Fig. 1 – Silicon impact on catalyst activity.
It is recommended that feed and product silicon be measured. This will allow the pounds of silicon being placed on the catalyst to be calculated and help determine when a Si breakthrough will occur. Alternatively, antifoam usage at the coker unit can be used to estimate pounds of silicon entering the naphtha unit. Check with your chemical supplier as to 1) how much pounds of silicon are present in each gallon of antifoam and 2) what percentage of that ends up in your naphtha cut, based on cutpoint.
Another important factor is to understand the silicon capacity of the installed catalyst system and its pick-up profile. A standard/max theoretical pick-up number should not be used to estimate breakthrough. Silicon capacity is dependent not only on the catalyst installed, but feed and operating conditions of the unit it is installed in.
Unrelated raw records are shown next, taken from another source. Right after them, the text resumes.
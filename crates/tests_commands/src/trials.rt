//! Trials, which use no file.
use crate::running::{BEFORE, carried_out, is_usage};
use std::test::Fail;

/// The words of a trial, and what it tells.
const TOLD: &[(&[&str], u8, &str)] = &[
    (
        &["trial", "1", "1"],
        0,
        "trial plans 1 run 1 pruned 0 failed 0 invs 1 check yes\n",
    ),
    (
        &["trial", "0", "2"],
        0,
        "trial plans 2 run 2 pruned 0 failed 0 invs 3 check yes\n",
    ),
    (
        &["trial", "7", "12"],
        1,
        "trial plans 150 run 49 pruned 101 failed 102 invs 69 check yes\n",
    ),
];

#[test]
fn trials_tell_their_totals(rt: HostRuntime) -> Result<(), Fail> {
    for (words, code, text) in TOLD {
        let done = carried_out(rt.alloc(), &[*words], &[], &[], false)?;
        assert!(rt; done.tells(*code, text), "{text}");
        assert!(rt; done.leaves(&[BEFORE]) && done.loads == 0, "{text}");
    }
    Ok(())
}

#[test]
fn a_trial_whose_put_fails_is_a_write_fault(rt: HostRuntime) -> Result<(), Fail> {
    let done = carried_out(rt.alloc(), &[&["trial", "1", "1"]], &[], &[], true)?;
    assert!(rt; done.tells(5, "") && done.leaves(&[BEFORE]));
    Ok(())
}

const NO_TRIALS: &[&[&str]] = &[
    &["trial"],
    &["trial", "7"],
    &["trial", "7", "12", "1"],
    &["trial", "7", "0"],
    &["trial", "7", "13"],
    &["trial", "+7", "12"],
    &["trial", "-7", "12"],
    &["trial", "", "12"],
    &["trial", "18446744073709551616", "12"],
    &["trial", "7", "12", "--fuel=4"],
];

#[test]
fn other_words_are_no_trial(rt: HostRuntime) -> Result<(), Fail> {
    for words in NO_TRIALS {
        assert!(rt; is_usage(rt.alloc(), &[*words])?);
    }
    Ok(())
}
Maximum silicon pick-up in a given unit is dependent not only on catalyst type, size and shape but also on 1) silicon content in the feed, 2) feed boiling point range and 3) reactor operating temperature (Figure 2).
Fig. 2 – Max silicon capacity.
How sharp the pick-up profile is, and as such what percentage of maximum silicon pick-up breakthrough will occur, depends not only on catalyst type, size and shape but also on 1) feed silicon content and 2) liquid hour space velocity, or LHSV (Figure 3). Please check with your catalyst supplier for the expected pick-up tailored to the respective unit conditions.
Fig. 3 – Silicon laydown profile.
Please see Haldor Topsoe’s previous AFPM responses on the subject of silicon poisoining for mitigation steps including proper catalyst design when processing silicon containing streams.
As for consequence to the downstream reformer, the silicon is a permanent catalyst poison that cannot be removed via regeneration.